Authors: Robert van Ling, Alexander Schwahn, Shanhua Lin, Ken Cook, Frank Steiner, Rowan Moore, Mauro de Pra

Abstract:

Purpose: Demonstration of fast high resolution charge variant analysis for monoclonal antibody (mAb) therapeutics within 5 minutes. Methods: Three commercially available mAbs were used for all experiments. The charge variants of therapeutic mAbs (Bevacizumab, Cetuximab, Infliximab, and Trastuzumab) are analyzed on a strong cation exchange column with a linear pH gradient separation method. The linear gradient from pH 5.6 to pH 10.2 is generated over time by running a linear pump gradient from 100% Thermo Scientific™ CX-1 pH Gradient Buffer A (pH 5.6) to 100% CX-1 pH Gradient Buffer B (pH 10.2), using the Thermo Scientific™ Vanquish™ UHPLC system.
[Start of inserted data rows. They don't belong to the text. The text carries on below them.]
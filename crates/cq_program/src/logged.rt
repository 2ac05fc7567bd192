ghost use Rattle.std.specs.Prelude.{◌≡◌, ◌≤◌, IfOk};
ghost use Rattle.cq_base.specs.Settings.{IsInRange};
ghost use Rattle.cq_serve_kept.specs.Continued.{EndsKept};
ghost use Rattle.cq_program.specs.Statuses.{Ends, status_of_logged};
ghost use Rattle.cq_program.specs.Top.{Logs, ShortensLog};

use crate::host::Host;
use crate::status::{Exit, Status, status_of_served, status_of_shortened};
use cq_base::{Counters, Memory, Settings};
use cq_io::{Doors, Gate, Sink, Source};
use cq_serve_kept::{Ground, Kept, Place, serve_kept};
use cq_shorten::shorten;
use cq_words::Listen;
use std::alloc::Global;
use std::marker::Brand;
use std::sync::Wait;
use std::sync::ledger::{Blank, Ledger};
use std::thread::Threads;

// How the serving of a log ended, on a ledger of its own.
fn kept<
    Q: Threads + Wait + Sync,
    L: Ledger + Send + Sync,
    S: Source,
    K: Sink + Send,
    I: Source + Send + Drop,
    O: Sink + Send + Drop,
    D: Doors<In = I, Out = O>,
    G: Gate + Sync,
>(
    host: &Host<'_, Q, G>,
    asked: Listen,
    source: &mut S,
    sink: &mut K,
    doors: &mut D,
    blank: Blank,
) -> Result<Kept, Memory>
    requires name { blank.name ≡ L.name }
    requires parts { blank.parts ≡ L.parts }
    requires in_range { IsInRange asked.settings }
    requires workers { asked.workers ≤ 64 }
    requires sessions { asked.sessions ≤ 64 }
    ensures log { IfOk result (EndsKept S.Source K.Sink asked.settings
        source.old source.new sink.old sink.new) }
{
    let counters: Counters<L> = Counters::new(blank);
    let Listen {
        settings,
        address,
        workers,
        sessions,
        connections: _,
    } = asked;
    let ground = Ground {
        rt: host.rt,
        alloc: host.alloc,
        settings: &settings,
        counters: &counters,
        gate: host.gate,
    };
    let place = Place {
        address,
        workers,
        sessions,
    };
    serve_kept(&ground, place, source, sink, doors)
}

fn exit_of(kept: Kept) -> Exit
    ensures { result.status ≡ status_of_logged kept }
{
    match kept {
        Kept::Served(served) => Exit {
            status: status_of_served(served),
            served: Some(served),
        },
        Kept::Broken => Exit {
            status: Status::WriteFault,
            served: None,
        },
        Kept::Refused => Exit {
            status: Status::LineRefused,
            served: None,
        },
        Kept::Spent => Exit {
            status: Status::Spent,
            served: None,
        },
        Kept::ReadFault => Exit {
            status: Status::ReadFault,
            served: None,
        },
        Kept::Unbound => Exit {
            status: Status::DoorsFault,
            served: None,
        },
    }
}

/// Takes a log from the source, serves the connections that come to the address, and continues the log in the sink.
pub(crate) fn serve_logged<
    Q: Threads + Wait + Sync,
    S: Source,
    K: Sink + Send,
    I: Source + Send + Drop,
    O: Sink + Send + Drop,
    D: Doors<In = I, Out = O>,
    G: Gate + Sync,
>(host: &Host<'_, Q, G>, asked: Listen, source: &mut S, sink: &mut K, doors: &mut D) -> Exit
    requires in_range { IsInRange asked.settings }
    requires workers { asked.workers ≤ 64 }
    requires sessions { asked.sessions ≤ 64 }
    ensures logs { Logs S.Source K.Sink asked.settings
        source.old source.new sink.old sink.new result.status }
{
    match kept::<Q, Brand, S, K, I, O, D, G>(host, asked, source, sink, doors, Blank::new(1)) {
        Ok(kept) => exit_of(kept),
        Err(Memory) => Exit {
            status: Status::Memory,
            served: None,
        },
    }
}

/// The status of the shortening of a log.
pub(crate) fn shortened<S: Source, K: Sink>(
    alloc: Global,
    settings: &Settings,
    source: &mut S,
    sink: &mut K,
) -> Status
    requires in_range { IsInRange settings.now }
    ensures ends { Ends S.Source K.Sink result source.old source.new sink.old sink.new }
    ensures shortens { ShortensLog S.Source K.Sink settings.now
        source.old source.new sink.old sink.new result }
{
    match shorten(alloc, settings, source, sink) {
        Ok(ended) => status_of_shortened(ended),
        Err(Memory) => Status::Memory,
    }
}
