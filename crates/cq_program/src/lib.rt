//! The whole program as one call, `top`, over the runtime, arguments, source, sink, doors, gate and counter that it is
//! given. `cqd` calls it with the real ones, and `cqd_cases` with ends in memory.
#![tactic(auto)]

mod clients;
mod host;
mod laws;
mod logged;
mod program;
mod status;
mod workers;

pub use laws::{
    a_command_that_nothing_fails_is_done, a_kept_version_that_nothing_fails_is_asked,
    a_version_that_nothing_fails_is_written, what_was_exported_is_asked_as_run,
};
pub use program::top;
pub use status::{Exit, Status};
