ghost use Rattle.std.specs.Prelude.{◌≡◌, ◌≤◌, ◌==◌, ◌&&◌, not, false, length, IfOk, IsUtf8};
ghost use Rattle.cq_munch.specs.Lexed.{InOrder, translation, units_of};
ghost use Rattle.cq_lex_java.specs.Translation.{spanning, read_at, translated};
ghost use Rattle.cq_lex_java.specs.Eligible.{EscapesGoByCount};
ghost use Rattle.cq_lex_java.specs.Escapes.{IsStepWithin};

use crate::escape::{Step, step_at};
use cq_base::{Memory, Text};
use cq_munch::{Translated, Unit, follows_backslash};
use std::alloc::Global;

// A character with the bytes of all the units that spell it.
fn spanning(ch: char, units: &[Unit], len: usize) -> Unit
    requires some { 1 ≤ len }
    requires within { len ≤ length units.now }
    requires in_order { InOrder 0 units.now 1048576 }
    ensures { result ≡ spanning ch units.now len }
{
    let start = units[0].start;
    let last = units[len - 1];
    Unit {
        ch,
        start,
        len: last.start + last.len - start,
    }
}

// What the unit at the front is read as, after an odd number of backslashes or not.
fn read_at(odd: bool, units: &[Unit]) -> Step
    ensures step { result ≡ read_at odd units.now }
    ensures within { IsStepWithin (length units.now) result }
{
    if odd { Step::Plain } else { step_at(units) }
}

// Whether an odd number of backslashes comes before the next unit.
fn odd_behind(odd: bool, ch: char) -> bool
    ensures { result ≡ ((ch == 92) && not odd) }
{
    ch == '\\' && !odd
}

// The units after the Unicode escapes are read, or the byte of the first fault. Each unit is looked at once, and those
// of an escape twice more.
fn translated(alloc: Global, units: &[Unit]) -> Result<Translated, Memory>
    requires { InOrder 0 units.now 1048576 }
    ensures { IfOk result (λ t. translation t ≡ translated 0 false units.now) }
{
    let mut out = Vec::with_capacity(alloc, units.len())?;
    let mut skip = 0;
    let mut odd = false;
    for (i, unit) in units.iter().enumerate() {
        if skip > 0 {
            skip -= 1;
            continue;
        }
        let here = &units[i..];
        match read_at(odd, here) {
            Step::Plain => {
                out.push(*unit)?;
                odd = odd_behind(odd, unit.ch);
            }
            Step::Fault => return Ok(Translated::Fault(unit.start)),
            Step::One(ch, len) => {
                out.push(spanning(ch, here, len))?;
                skip = len - 1;
                odd = false;
            }
        }
    }
    Ok(Translated::Units(out))
}

/// The same of a text's own units. If no u comes directly after a backslash, they are taken as they are.
pub(crate) fn unescaped(alloc: Global, text: &Text, units: Vec<Unit>) -> Result<Translated, Memory>
    requires utf8 { IsUtf8 text.now }
    requires own { units.items ≡ units_of text.now }
    requires in_order { InOrder 0 units.items 1048576 }
    ensures { IfOk result (λ t. translation t ≡ translated 0 false units.items) }
{
    if follows_backslash(text, b'u') {
        return translated(alloc, &units);
    }
    Ok(Translated::Units(units))
}

/// A backslash begins a Unicode escape only if an even number of backslashes of the text comes directly before it.
pub fn escapes_go_by_count()
    ensures { EscapesGoByCount }
{}
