//! The language Java: its identifiers, keywords, numbers, characters, strings, text blocks, separators, operators and
//! comments (JLS 3), after Unicode escapes are translated. A blank is recognised by one test, and the opening of a comment
//! or of a text block by a few more. A character of ASCII in a name costs a look into a table, and the name is compared
//! with the keywords of its first letter and its length. One table scans all other elements, and another one text blocks:
//! a look for each unit, up to the first that cannot continue the element. The opening of a text block is read once more.
//! It takes no memory except for the units, of which a text of n bytes has at most n, of 12 bytes each, twice while
//! escapes are read. Whether there may be any is one search of the bytes.
#![tactic(auto)]

mod block;
mod element;
mod escape;
mod language;
mod scanner;
mod translation;
mod words;

pub use block::text_blocks_are_written;
pub use language::Java;
pub use translation::escapes_go_by_count;
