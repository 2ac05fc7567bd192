use std::alloc::Global;

/// What a command runs on: the runtime, memory, and the gate to which each step is reported.
#[derive(Drop)]
pub(crate) struct Host<'a, Q, G> {
    pub rt: &'a Q,
    pub alloc: Global,
    pub gate: &'a G,
}
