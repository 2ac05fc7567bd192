ghost use Rattle.std.specs.Prelude.{◌≡◌, ◌≤◌};
ghost use Rattle.cq_base.specs.Settings.{IsInRange};
ghost use Rattle.cq_program.specs.Statuses.{Ends};
ghost use Rattle.cq_program.specs.Top.{RunsBeside};
ghost use Rattle.cq_program.specs.declared.status.Status.TheVariants as ended;

use crate::host::Host;
use crate::status::{Status, status_of};
use cq_base::{Memory, Steps};
use cq_beside::{Crew, serve_one};
use cq_chain::Pass;
use cq_io::{Gate, Sink, Source};
use cq_lines::Lines;
use cq_session::{NoLog, Server};
use cq_shared::Shared;
use cq_words::Run;
use cq_work::{Keyer, Work};
use std::sync::Wait;
use std::sync::ledger::Ledger;
use std::thread::Threads;

/// A session with workers beside it, over a shared hub that is made for them, and its status. The session is on this
/// thread, and each worker on one of its own, which is joined before this returns.
pub(crate) fn serve_with_workers<
    Q: Threads + Wait + Sync,
    S: Source,
    K: Sink,
    G: Gate + Sync,
    L: Ledger + Send + Sync,
>(host: &Host<'_, Q, G>, asked: &Run, source: &mut S, sink: &mut K, steps: &mut Steps<L>) -> Status
    requires in_range { IsInRange asked.now.settings }
    requires few { asked.now.workers ≤ 64 }
    ensures untaken { result ≡ ended.Memory → source.new ≡ source.old }
    ensures ends { Ends S.Source K.Sink result source.old source.new sink.old sink.new }
    ensures runs { RunsBeside S.Source K.Sink asked.now steps.old steps.new
        source.old source.new sink.old sink.new result }
{
    let settings = &asked.settings;
    let workers = asked.workers;
    let keyer = Keyer::plain(settings);
    // One caller is the first pass's, one the session's, and one each worker's.
    let callers = workers + 2;
    let made: Result<(Shared<Work<L>, &Q>, Pass<Work<L>>), Memory> = Shared::new(
        host.rt, host.alloc, settings, callers,
    );
    let Ok((hub, pass)) = made else {
        return Status::Memory;
    };
    match Lines::new(host.alloc, settings.byte_limit) {
        Ok(mut lines) => {
            let server = Server {
                rt: host.rt,
                alloc: host.alloc,
                keyer: &keyer,
                hub: &hub,
                keeper: &NoLog,
                gate: host.gate,
            };
            let crew = Crew { workers, pass };
            let end = serve_one(&server, crew, &mut lines, source, sink, steps);
            status_of(end)
        }
        Err(Memory) => Status::Memory,
    }
}
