ghost use Rattle.std.specs.Prelude.{◌≡◌, ◌≢◌, ◌+◌, ◌<◌, ◌⊎◌, ℕ, false, List, [], ◌++◌, take, None, Some, Ok, Err, IfOk, OnOk, OnErr};
ghost use Rattle.link_io.specs.Counts.{Rose};
ghost use Rattle.link_io.specs.Streams.{after_taking};
ghost use Rattle.mspec_tree.specs.declared.defs.Description.{Description};
ghost use Rattle.mspec_tree.specs.declared.words.Place.{Place};
ghost use Rattle.node_tree.specs.declared.readings.Reading.{Reading};
ghost use Rattle.mspec_meaning.specs.Stream.{End, Refused, Stream, TooFew, Why};
ghost use Rattle.script_replay.specs.Replays.{Script};
ghost use Rattle.script_replay.specs.declared.replays.ScriptEnd.{ScriptEnd};
ghost use Rattle.host_engine.specs.declared.describing.TextWhy.{TextWhy};
ghost use Rattle.host_engine.specs.FirstForm.{FirstForm, is_first_form};
ghost use Rattle.host_engine.specs.Lines.{lines_of};
ghost use Rattle.host_engine.specs.Runs.{FileSeen, InputTaken, IsCountedWithFile, IsReady, IsRun, LacksFile, PutsFront, RunsTo, StopsEarly, WasChecked, WasDecoded, WasPrinted, WasReplayed, last_of, shown};
ghost use Rattle.host_engine.specs.Statuses.{number_of};
ghost use Rattle.host_engine.specs.Texts.{Describes, IsRefusedText, text_why_text};
ghost use Rattle.host_engine.specs.Told.{IsTold, NoneFailed, TellsScript, TellsValues};
ghost use Rattle.host_engine.specs.Tool.{AreCheck, AreDecode, AreOverFile, ArePrint, AreRefused, AreReplay, Names, NamesFile, Said, Taken, Tool, description_refused, input_limit, refusal_of_line, refused_line};
ghost use Rattle.host_engine.specs.declared.words.FileCommand.{FileCommand};
ghost use Rattle.host_engine.specs.declared.inputs.How.{How};

use crate::decoding::decode;
use crate::faults::Cut;
use crate::file_commands::answer;
use crate::printing::put_all;
use crate::replaying::replay;
use crate::statuses::Status;
use crate::words::{file_words, is_replay};
use link_io::{Failed, Shelf, Sink, Source, StringList};
use std::alloc::Global;

/// By its words, and what it took, a run says one thing.
pub fn one_said()
    ensures { (words : List (List ℕ)) (t : Taken) (one other : Said) → Tool words t one → Tool words t other
        → one ≡ other }
{}

/// By its words, and what it took of an input that it left, a run says something. It says something too where it left the input
/// alone, and its words, its file and the type in it lead to no script and to no values.
pub fn some_said()
    ensures left { (words : List (List ℕ)) (t : Taken) (left : How) → t.how ≡ Some left → (outcome : Said)
        × Tool words t outcome }
    ensures alone { (words : List (List ℕ)) (t : Taken) → t.how ≡ None → (AreReplay words → ⊥)
        → ((file_name type_name text : List ℕ) (d : Description) (def : ℕ)
        → AreDecode words file_name type_name → t.file ≡ Some text → FirstForm text d → Names d def type_name → ⊥)
        → (outcome : Said) × Tool words t outcome }
{}

/// A description in the first form refuses no value.
pub fn no_form_refuses()
    ensures { (text : List ℕ) (d : Description) (def : ℕ) (bytes : List ℕ) (readings : List Reading) (bit : ℕ) (why : Why)
        → FirstForm text d → Stream d def [] bytes readings (Refused bit why) → ⊥ }
{}

/// Adds what the run says to what is gathered, of which some may go out on the way, and answers the status.
fn run<F: Shelf, S: Source, K: Sink>(
    alloc: Global,
    words: &StringList,
    files: &mut F,
    input: &mut S,
    out: &mut K,
    gathered: &mut Vec<u8>,
) -> Result<Status, Cut>
    ensures run { RunsTo words.now F.counts_with
        (shown (F.seen files.old) (S.seen input.old) (K.seen out.old))
        (shown (F.seen files.new) (S.seen input.new) (K.seen out.new)) gathered.old.items gathered.new.items result }
    ensures lacking { LacksFile words.now (F.seen files.old)
        → (input.new ≡ input.old) × ((result ≡ Ok Status.FileFault) ⊎ (result ≡ Err Cut.NoMemory)) }
    ensures touched { (input.new ≡ input.old) ⊎ ((d : Description) × (def : ℕ)
        × IsReady words.now F.counts_with (F.seen files.old) (F.seen files.new) d def) ⊎ AreReplay words.now }
    ensures untouched { IfOk result (λ status. StopsEarly (number_of status) → input.new ≡ input.old) }
    ensures file_alone { (command : FileCommand) (file_name : List ℕ) → AreOverFile words.now command file_name
        → input.new ≡ input.old }
{
    if is_replay(words) {
        replay(alloc, input, out, gathered)
    } else {
        match file_words(words) {
            Some(found) => answer(alloc, files, found.command, found.file_name, gathered),
            None => decode(alloc, words, files, input, out, gathered),
        }
    }
}

fn put_and_flush<K: Sink>(out: &mut K, gathered: &[u8], last: &[u8]) -> Result<(), Failed>
    ensures put { OnOk result (((K.seen out.new).held ≡ after_taking (gathered.now ++ last.now) (K.seen out.old).held)
        × ((K.seen out.new).faults ≡ (K.seen out.old).faults)) }
    ensures cut { OnErr result (PutsFront (K.seen out.old).held (K.seen out.new).held (gathered.now ++ last.now)
        × Rose (K.seen out.old).faults (K.seen out.new).faults) }
{
    put_all(out, gathered)?;
    put_all(out, last)?;
    out.flush()
}

/// The line that stands behind what a run has said.
fn last_line(ran: Result<Status, Cut>) -> &'static [u8]
    ensures { result.now ≡ (last_of ran).text }
{
    match ran {
        Err(Cut::NoMemory) => b"no memory\n",
        _ => b"",
    }
}
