//! The number that a text begins with.

ghost use Rattle.std.specs.Prelude.{◌≡◌, ◌==◌, ◌-◌, ◌^◌, ◌%◌, ◌<◌, ◌≤◌, ◌&&◌, not, nat_lt, IfSome, MatchOption, None, Some, SomeIff, length, take};
ghost use Rattle.std.specs.List.{list_all};
ghost use Rattle.std.specs.Str.Parse.{AllDigits, digits_value};
ghost use Rattle.decimal.specs.Numerals.{digit_at, digits_at, signed_at, signed_of, size_at};

/// A number of at most 19 digits is below 2^64.
const SAFE_DIGITS: usize = 19;

/// Returns the number that a sign or none and digits at the front of `text` write, and what follows them: none where no digit
/// comes first, or the number is no i64.
#[inline(always)]
pub fn read_decimal(text: &[u8]) -> Option<(i64, &[u8])>
    ensures number { MatchOption result (signed_at text.now ≡ None)
        (λ found. signed_at text.now ≡ Some (found.0, found.1.now)) }
    ensures shorter { IfSome result (λ found. length found.1.now < length text.now) }
{
    // Where no digit comes second, one digit is the number or there is none: short numbers need no eight bytes.
    let [first, b'0'..=b'9', ..] = text else {
        return read_digit(text);
    };
    // Signs are hard to foretell, so no branch hangs on them.
    let is_negative = *first == b'-';
    let is_signed = is_negative | (*first == b'+');
    let (size, rest) = read_size(&text[usize::from(is_signed)..])?;
    Some((signed(is_negative, size)?, rest))
}

/// Returns the digit that comes first in `text`, and what follows it.
#[inline(always)]
fn read_digit(text: &[u8]) -> Option<(i64, &[u8])>
    ensures digit { MatchOption result (digit_at text.now ≡ None)
        (λ found. digit_at text.now ≡ Some (found.0, found.1.now)) }
    ensures shorter { IfSome result (λ found. length found.1.now < length text.now) }
{
    let [digit @ b'0'..=b'9', rest @ ..] = text else {
        return None;
    };
    Some((i64::from(*digit - b'0'), rest))
}

/// Returns the number below 10^19 that the digits at the front of `text` write, and what follows them.
#[inline(always)]
fn read_size(text: &[u8]) -> Option<(u64, &[u8])>
    ensures size { MatchOption result (size_at text.now ≡ None)
        (λ found. size_at text.now ≡ Some (found.0, found.1.now)) }
    ensures shorter { IfSome result (λ found. length found.1.now < length text.now) }
{
    let (size, end) = read_digits(text);
    if end == 0 {
        return None;
    }
    let digits = &text[..end];
    if is_long(digits) {
        return None;
    }
    Some((size, &text[end..]))
}

/// Returns whether `digits` write no number below 10^19: more of them than are safe follow zeros.
#[inline(always)]
fn is_long(digits: &[u8]) -> bool
    ensures { result ≡ (nat_lt 19 (length digits.now)
        && not (list_all (λ digit. digit == 48) (take (length digits.now - 19) digits.now))) }
{
    digits.len() > SAFE_DIGITS && !is_zeros(&digits[..digits.len() - SAFE_DIGITS])
}

/// Returns `size` with its sign, if it is in range.
#[inline(always)]
fn signed(is_negative: bool, size: u64) -> Option<i64>
    ensures { result ≡ signed_of is_negative size }
{
    if size > i64::MAX.unsigned_abs() + u64::from(is_negative) {
        return None;
    }
    let number = if is_negative {
        size.wrapping_neg()
    } else {
        size
    };
    Some(number.cast_signed())
}

/// Returns what the digits at the front of `text` write, modulo 2^64, and how many they are.
#[inline(always)]
fn read_digits(text: &[u8]) -> (u64, usize)
    ensures size { result.0 ≡ digits_value 10 (digits_at text.now) % 2 ^ 64 }
    ensures count { result.1 ≡ length (digits_at text.now) }
    ensures within { result.1 ≤ length text.now }
{
    let (mut size, start) = match first_eight(text) {
        Some(size) => (size, 8),
        None => (0, 0),
    };
    for at in start..text.len() {
        let digit = u64::from(text[at]).wrapping_sub(u64::from(b'0'));
        if digit > 9 {
            return (size, at);
        }
        size = size.wrapping_mul(10).wrapping_add(digit);
    }
    (size, text.len())
}

/// Returns the number that the first eight bytes of `digits` write, if all are digits. They are read together: as bytes, then
/// in pairs, in fours.
#[inline(always)]
fn first_eight(digits: &[u8]) -> Option<u64>
    ensures { SomeIff result ((8 ≤ length digits.now) × AllDigits 10 (take 8 digits.now))
        (digits_value 10 (take 8 digits.now)) }
{
    let (eight, _) = digits.split_first_chunk::<8>()?;
    let bytes = u64::from_le_bytes(*eight) ^ 0x3030_3030_3030_3030;
    // A byte above 9 has its highest bit set, or gets it here.
    if (bytes | bytes.wrapping_add(0x7676_7676_7676_7676)) & 0x8080_8080_8080_8080 != 0 {
        return None;
    }
    let pairs = bytes.wrapping_mul(10).wrapping_add(bytes >> 8);
    let low = (pairs & 0x0000_00ff_0000_00ff).wrapping_mul(100 + (1_000_000 << 32));
    let high = (pairs >> 16 & 0x0000_00ff_0000_00ff).wrapping_mul(1 + (10_000 << 32));
    Some(low.wrapping_add(high) >> 32)
}

/// Returns whether all `digits` are zeros.
fn is_zeros(digits: &[u8]) -> bool
    ensures { result ≡ list_all (λ digit. digit == 48) digits.now }
{
    digits.iter().all(|digit| *digit == b'0')
}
Results: The pH gradient method is generally applicable to monoclonal antibody charge variant analysis. In conjunction with state-of-the-art column and UHPLC technology, ultra fast high-resolution separations are consistently achieved in under 5 minutes for all mAbs analyzed. Conclusion: The linear pH gradient method is a platform method for mAb charge variant analysis. The linear pH gradient method can be easily optimized to improve separations and shorten cycle times. Ultra-fast charge variant separation is facilitated with UHPLC that complements, and in some instances outperforms CE approaches in terms of both resolution and throughput.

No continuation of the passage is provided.